DFM installations include many universities and institutions, including: Alfred University, Appalachian State University, Central Michigan University, Chabot Center, Clay Center-Dexter School, College of Charleston, College of Southern Idaho, University of Colorado, Dickinson College, Emory University, Embry-Riddle Aeronautical University, Daytona Beach, Florida Institute of Technology, Johns Hopkins University, Lewis & Clark College, Middlebury College, Monterey Institute for Research in Astronomy, PARI / UNCA, Rowan University, Westmont College, University of Alabama, University of Calgary, University of Victoria, University of Michigan, University of Montreal, University of Wyoming, Valdosta State University, Virginia Military Institute, Williams College, Academia Sinica Institute of Astronomy and Astrophysics, University of the Free State, and Optical Gravitational Lensing Experiment.

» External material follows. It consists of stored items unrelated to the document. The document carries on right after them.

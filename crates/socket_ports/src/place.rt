//! A port: its connection, and what that gave and took.
ghost use Rattle.std.specs.Prelude.{◌≡◌, None, Some, true, false, is_some, IfSome};
ghost use Rattle.ports.specs.declared.ports.Came.TheVariants.{Nothing as NothingCame};
ghost use Rattle.ports.specs.Calls.{Gives, IsTold, Took as TookOf};
ghost use Rattle.socket_ports.specs.Flows.{unused};

use crate::connection::Connection;
use crate::flow::{Flow, Move};
use live_words::Origin;
use ports::Came;
use std::net::SocketAddr;

/// A port.
#[derive(Drop)]
pub(crate) struct Place {
    connection: Option<Connection>,
    /// Where the connection came in.
    origin: Origin,
    /// The address that it came from, if it came from one.
    from: Option<SocketAddr>,
    flow: Flow,
    /// The other side has said that it sends no more.
    over: bool,
    /// The last call found nothing to do.
    idle: bool,
}

impl Place {
    /// A port with this connection, or none.
    pub(crate) fn new(connection: Option<Connection>, origin: Origin) -> Place
        ensures origin { result.origin ≡ origin }
        ensures up { is_some result.connection ≡ is_some connection }
        ensures flow { result.flow.moved ≡ unused }
        ensures over { result.over ≡ false }
        ensures idle { result.idle ≡ true }
    {
        let from = match &connection {
            Some(connection) => connection.address(),
            None => None,
        };
        Place {
            connection,
            origin,
            from,
            flow: Flow::new(),
            over: false,
            idle: true,
        }
    }

    /// Where the connection came in.
    pub(crate) fn origin(&self) -> Origin
        ensures { result ≡ self.now.origin }
    {
        self.origin
    }

    /// The address that the connection came from, if it came from one.
    pub(crate) fn address(&self) -> Option<SocketAddr> {
        self.from
    }

    /// The system told of a change.
    pub(crate) fn note(&mut self, readable: bool, writable: bool, ends: bool)
        ensures up { is_some self.new.connection ≡ is_some self.old.connection }
        ensures flow { self.new.flow ≡ self.old.flow }
        ensures over { self.new.over ≡ self.old.over }
        ensures idle { self.new.idle ≡ self.old.idle }
    {
        if let Some(connection) = &mut self.connection {
            connection.note(readable, writable, ends);
        }
    }

    /// Whether a read may find something.
    pub(crate) fn is_readable(&self) -> bool {
        match &self.connection {
            Some(connection) => connection.is_readable(),
            None => false,
        }
    }

    /// Lets the connection go.
    pub(crate) fn close(&mut self)
        ensures up { self.new.connection ≡ None }
        ensures flow { self.new.flow ≡ self.old.flow }
        ensures over { self.new.over ≡ self.old.over }
        ensures idle { self.new.idle ≡ self.old.idle }
    {
        self.connection = None;
    }

    /// Notes that a call found nothing to do.
    pub(crate) fn rest(&mut self)
        ensures up { is_some self.new.connection ≡ is_some self.old.connection }
        ensures flow { self.new.flow ≡ self.old.flow }
        ensures over { self.new.over ≡ self.old.over }
        ensures idle { self.new.idle ≡ true }
    {
        self.idle = true;
    }

    /// Reads what is there, up to the room; none where the call failed.
    pub(crate) fn read(&mut self, room: &mut [u8]) -> Option<Came>
        ensures gives { IfSome result (Gives self.old.flow.moved.came self.new.flow.moved.came room.new) }
        ensures told { IfSome result (IsTold self.new.over) }
        ensures none { result ≡ None → self.new.flow.moved.came ≡ self.old.flow.moved.came }
        ensures went { self.new.flow.moved.went ≡ self.old.flow.moved.went }
        ensures up { is_some self.new.connection ≡ is_some self.old.connection }
        ensures idle { result ≡ Some NothingCame → self.new.idle ≡ true }
    {
        let Some(connection) = &mut self.connection else {
            self.idle = true;
            return Some(Came::Nothing);
        };
        let came = connection.read(room)?;
        match came {
            Came::Bytes(count) => {
                self.idle = false;
                self.flow = self.flow.then(&Move::Gave(&room[..count]));
            }
            Came::Nothing => self.idle = true,
            Came::End => self.over = true,
        }
        Some(came)
    }

    /// Writes a beginning of these bytes, and answers how long it was; none where the call failed.
    pub(crate) fn write(&mut self, bytes: &[u8]) -> Option<usize>
        ensures took { IfSome result (TookOf self.old.flow.moved.went self.new.flow.moved.went bytes.now) }
        ensures none { result ≡ None → self.new.flow.moved.went ≡ self.old.flow.moved.went }
        ensures came { self.new.flow.moved.came ≡ self.old.flow.moved.came }
        ensures up { is_some self.new.connection ≡ is_some self.old.connection }
        ensures over { self.new.over ≡ self.old.over }
        ensures idle { result ≡ Some 0 → self.new.idle ≡ true }
    {
        let Some(connection) = &mut self.connection else {
            self.idle = true;
            return Some(0);
        };
        let count = connection.write(bytes)?;
        self.idle = count == 0;
        self.flow = self.flow.then(&Move::Took(&bytes[..count]));
        Some(count)
    }
}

DFM engineering produced the telescope for the Asteroid Terrestrial-impact Last Alert System (ATLAS) project. ATLAS was funded by a grant from NASA and includes initially two telescopes set 100 miles (160 km) apart. The telescopes were tested by DFM in Colorado, U.S. in 2015 and are now operational in the Hawaiian Islands. The telescopes are designed to detect large near-Earth objects and identify those which threaten to impact Earth.

DFM also produced the telescope for Meter Class Autonomous Telescope (MCAT). MCAT is designed to look for space debris, with a wide (41 degree) field of view, 4 optics, and 1.4 m aperture. It is a reflecting telescope on a double horseshoe mount. MCAT is located on Ascension Island in the South Atlantic Ocean.